Segment Start: MATERIAL PROVIDED

//! The instructions of an image, as its file gives them.
ghost use Rattle.std.specs.Prelude.{◌≡◌, find};
ghost use Rattle.std.specs.Option.{option_copied};
ghost use Rattle.rv_prune.specs.Code as spec;

use rv_elf::Image;
use rv_isa::codec::decode;
use rv_isa::instr::Instr;
use rv_memory::region::Region;

/// The word in the first four bytes, the least significant first.
fn first_word(bytes: &[u8]) -> Option<u32>
    ensures { result ≡ spec.first_word bytes.now }
{
    match bytes {
        [a, b, c, d, ..] => Some(u32::from_le_bytes([*a, *b, *c, *d])),
        _ => None,
    }
}

/// The word at an address, where its four bytes are file bytes of the segment.
fn word_in(address: u32, segment: &Region) -> Option<u32>
    ensures { result ≡ spec.word_in address segment.now }
{
    if address < segment.start {
        return None;
    }
    let offset = (address - segment.start) as usize;
    let bytes = segment.bytes.as_slice();
    first_word(&bytes[offset.min(bytes.len())..])
}

fn has_word(address: u32, segment: &Region) -> bool
    ensures { result ≡ spec.has_word address segment.now }
{
    word_in(address, segment).is_some()
}

/// The segment whose file bytes the four bytes at an address are.
fn segment_of(image: &Image, address: u32) -> Option<&Region>
    ensures { option_copied result ≡ find (spec.has_word address) image.now.segments }
{
    image
        .segments()
        .iter()
        .find(|segment| has_word(address, segment))
}

/// The word at an address, where its four bytes are file bytes of one segment.
#[tactic(auto, unfolding(crate::specs::Code::word_at))]
fn word_at(image: &Image, address: u32) -> Option<u32>
    ensures { result ≡ spec.word_at image.now address }
{
    match segment_of(image, address) {
        Some(segment) => word_in(address, segment),
        None => None,
    }
}

/// The instruction at an address, where the image's file has one there.
#[tactic(auto, unfolding(crate::specs::Code::instruction_at))]
pub fn instruction_at(image: &Image, address: u32) -> Option<Instr>
    ensures { result ≡ spec.instruction_at image.now address }
{
    decode(word_at(image, address)?)
}
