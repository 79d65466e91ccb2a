//! The engine of `debug`: an image and a schedule in, and then a talk over the run that they say.
ghost use Rattle.std.specs.Prelude.{◌≡◌, ◌||◌, false, IfErr, IfSome, OnOk, IsOkAnd};
ghost use Rattle.std.specs.Io.KnownBytes.{Appends, Keeps};
ghost use Rattle.rv_debug.specs.Talk as talk;
ghost use Rattle.rv_memory.specs.Buffered as buffer;
ghost use Rattle.rv_memory.specs.Flagged as flag;
ghost use Rattle.rv_text.specs.Lines.{lines_of};
ghost use Rattle.rv_engines.specs.Debug as spec;
ghost use Rattle.rv_faults.specs.Fault.{fails_by, is_read, is_write};
ghost use Rattle.rv_engines.specs.Replay.{IfKnown, run_of};

use crate::debug::input::read_session;
use rv_debug::talk::talk;
use rv_faults::fault::Fault;
use rv_memory::buffered::Buffered;
use rv_memory::flagged::Flagged;
use std::alloc::Global;
use std::io::{Read, Write};

/// Reads an image and then a schedule, and answers the commands of the third input line by line, each before
/// the next is read. Where one of the files is refused no command is read and nothing is written. Where a line
/// asks for what is not there, that is its answer, and the session goes on.
pub fn run_debug<R: Read, Q: Read, C: Read, W: Write>(
    alloc: Global,
    image: &mut Flagged<R>,
    schedule: &mut Flagged<Q>,
    commands: &mut Flagged<C>,
    writer: &mut Buffered<W>,
) -> Result<(), Fault>
    ensures text { OnOk result (
        IfKnown (R.remaining (flag.device image.old)) (Q.remaining (flag.device schedule.old)) (λ i s.
        IsOkAnd (run_of i s) (λ run. spec.IsTalkOver run (λ start.
        IfSome (C.remaining (flag.device commands.old)) (λ input.
        talk.IsTalk start (talk.lines_before_quit (lines_of input))
        (Appends (buffer.written W.contents writer.old) (buffer.sent W.contents writer.new))))))) }
    ensures within { OnOk result (IfSome (C.remaining (flag.device commands.old)) talk.IsWithin) }
    ensures refused { IfErr result (λ fault.
        IfKnown (R.remaining (flag.device image.old)) (Q.remaining (flag.device schedule.old)) (λ i s.
        spec.IsDebugRefusal i s
        (Keeps (buffer.sent W.contents writer.old) (buffer.sent W.contents writer.new))
        (λ start stop. IfSome (C.remaining (flag.device commands.old)) (λ input.
        talk.IsStopped start input (C.remaining (flag.device commands.new))
        (Appends (buffer.written W.contents writer.old) (buffer.sent W.contents writer.new)) stop)) fault)) }
    ensures nothing { IfErr result (λ fault. spec.stops_talk fault ≡ false
        → Keeps (buffer.sent W.contents writer.old) (buffer.sent W.contents writer.new)) }
    ensures readers { (flag.has_failed image.new || flag.has_failed schedule.new || flag.has_failed commands.new)
        ≡ (flag.has_failed image.old || flag.has_failed schedule.old || flag.has_failed commands.old
        || fails_by is_read result) }
    ensures writer { buffer.has_failed writer.new ≡ (buffer.has_failed writer.old || fails_by is_write result) }
{
    let mut session = read_session(alloc, image, schedule)?;
    talk(alloc, &mut session, commands, writer)?;
    Ok(())
}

Segment End: MATERIAL PROVIDED

**TASK INSTRUCTIONS:** Whenever the word "IfSome" shows up in a line of the entries above, copy that line.

**EXERCISE OUTPUT:**
ghost use Rattle.std.specs.Prelude.{◌≡◌, ◌||◌, false, IfErr, IfSome, OnOk, IsOkAnd};
        IfSome (C.remaining (flag.device commands.old)) (λ input.
    ensures within { OnOk result (IfSome (C.remaining (flag.device commands.old)) talk.IsWithin) }
        (λ start stop. IfSome (C.remaining (flag.device commands.old)) (λ input.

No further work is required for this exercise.